## Work instruction
From the entries, copy each line that includes "IsOnItsWay".

## Provided material
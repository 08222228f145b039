//! The top calls: what the program's words tell it to do, from the bytes read to the bytes written.
#![tactic(auto)]

mod answer;
mod census;
mod cost;
mod json;
mod judging;
mod laws;
mod outlet;
mod pieces;
mod run;
mod status;
mod stop;
mod stretch;
mod told;
mod top;
mod transfer;
mod trial;
mod writing;
mod wrong;

pub use laws::{
    bytes_have_one_text, complete, reports_tell, runs_are_replayed, stretches_tell, texts_tell,
};
pub use told::{told_refusals, told_results, told_stretches, told_sums};
pub use top::{command, command_with_threads};
pub use wrong::{
    told_laws, told_numbers, wrong_counts, wrong_ends, wrong_ends_alone, wrong_faults,
    wrong_lengths, wrong_rests,
};
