//! Bytes on their way into a sink.
ghost use Rattle.std.specs.Prelude.{◌≡◌, ◌≤◌, ◌+◌, ◌++◌, [], length, IfErr, IfOk, OnOk};
ghost use Rattle.outside.specs.Bytes.{append_known};
ghost use Rattle.track.specs.declared.stop.WriteStop.TheVariants.{Failed};
ghost use Rattle.track.specs.Transfer.{HasFaultedOnce, IsOnItsWay, IsWrittenPart};

use crate::stop::WriteStop;
use crate::transfer::write_all;
use outside::Sink;
use std::alloc::{AllocError, Global};
use std::marker::Model;

// How many bytes wait at most, so that the writer is called seldom.
const ROOM: usize = 65_536;

// Bytes that wait for a sink, in room for 65,536. They are written where one piece more doesn't
// fit.
#[derive(Drop)]
pub(crate) struct Outlet {
    waiting: Vec<u8>,
}

impl Model for Outlet {
    ghost use Rattle.std.specs.Prelude.{◌≤◌, List, ℕ, length, vec_capacity};

    ghost Value = { List ℕ };

    ghost view = { λ o. o.waiting.items };

    ghost invariant = { λ o. (length o.waiting.items ≤ 65536) × (65536 ≤ vec_capacity o.waiting) };
}

impl Outlet {
    // No byte waits.
    pub(crate) fn new(alloc: Global) -> Result<Outlet, AllocError>
        ensures { IfOk result (λ outlet. outlet ≡ []) }
    {
        Ok(Outlet {
            waiting: Vec::with_capacity(alloc, ROOM)?,
        })
    }

    // The bytes wait behind those that do.
    fn hold(&mut self, piece: &[u8])
        requires { length self.old + length piece.now ≤ 65536 }
        ensures { self.new ≡ self.old ++ piece.now }
    {
        match self.waiting.extend_from_slice(piece) {
            Ok(()) => {}
            Err(_) => unreachable!(),
        }
    }

    // Writes all bytes that wait.
    pub(crate) fn flush<K: Sink>(&mut self, sink: &mut K) -> Result<(), WriteStop>
        ensures all { OnOk result (K.written sink.new
            ≡ append_known (K.written sink.old) self.old) }
        ensures none { OnOk result (self.new ≡ []) }
        ensures no_fault { OnOk result (K.faults sink.new ≡ K.faults sink.old) }
        ensures stops { IfErr result (λ stop.
            (stop ≡ Failed) × HasFaultedOnce (K.faults sink.old) (K.faults sink.new)) }
        ensures part { IsWrittenPart self.old (K.written sink.old) (K.written sink.new) }
    {
        write_all(sink, &self.waiting)?;
        self.waiting.clear();
        Ok(())
    }

    // Passes a piece on: it waits, or is written behind those bytes that do.
    pub(crate) fn pass_on<K: Sink>(&mut self, sink: &mut K, piece: &[u8]) -> Result<(), WriteStop>
        ensures moved { OnOk result (IsOnItsWay
            (K.written sink.old) (K.written sink.new) (self.old ++ piece.now) self.new) }
        ensures no_fault { OnOk result (K.faults sink.new ≡ K.faults sink.old) }
        ensures stops { IfErr result (λ stop.
            (stop ≡ Failed) × HasFaultedOnce (K.faults sink.old) (K.faults sink.new)) }
        ensures part { IsWrittenPart (self.old ++ piece.now) (K.written sink.old) (K.written
            sink.new) }
    {
        if piece.len() <= ROOM - self.waiting.len() {
            self.hold(piece);
            return Ok(());
        }
        self.flush(sink)?;
        if piece.len() > ROOM {
            return write_all(sink, piece);
        }
        self.hold(piece);
        Ok(())
    }
}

## Response to the task
ghost use Rattle.track.specs.Transfer.{HasFaultedOnce, IsOnItsWay, IsWrittenPart};
        ensures moved { OnOk result (IsOnItsWay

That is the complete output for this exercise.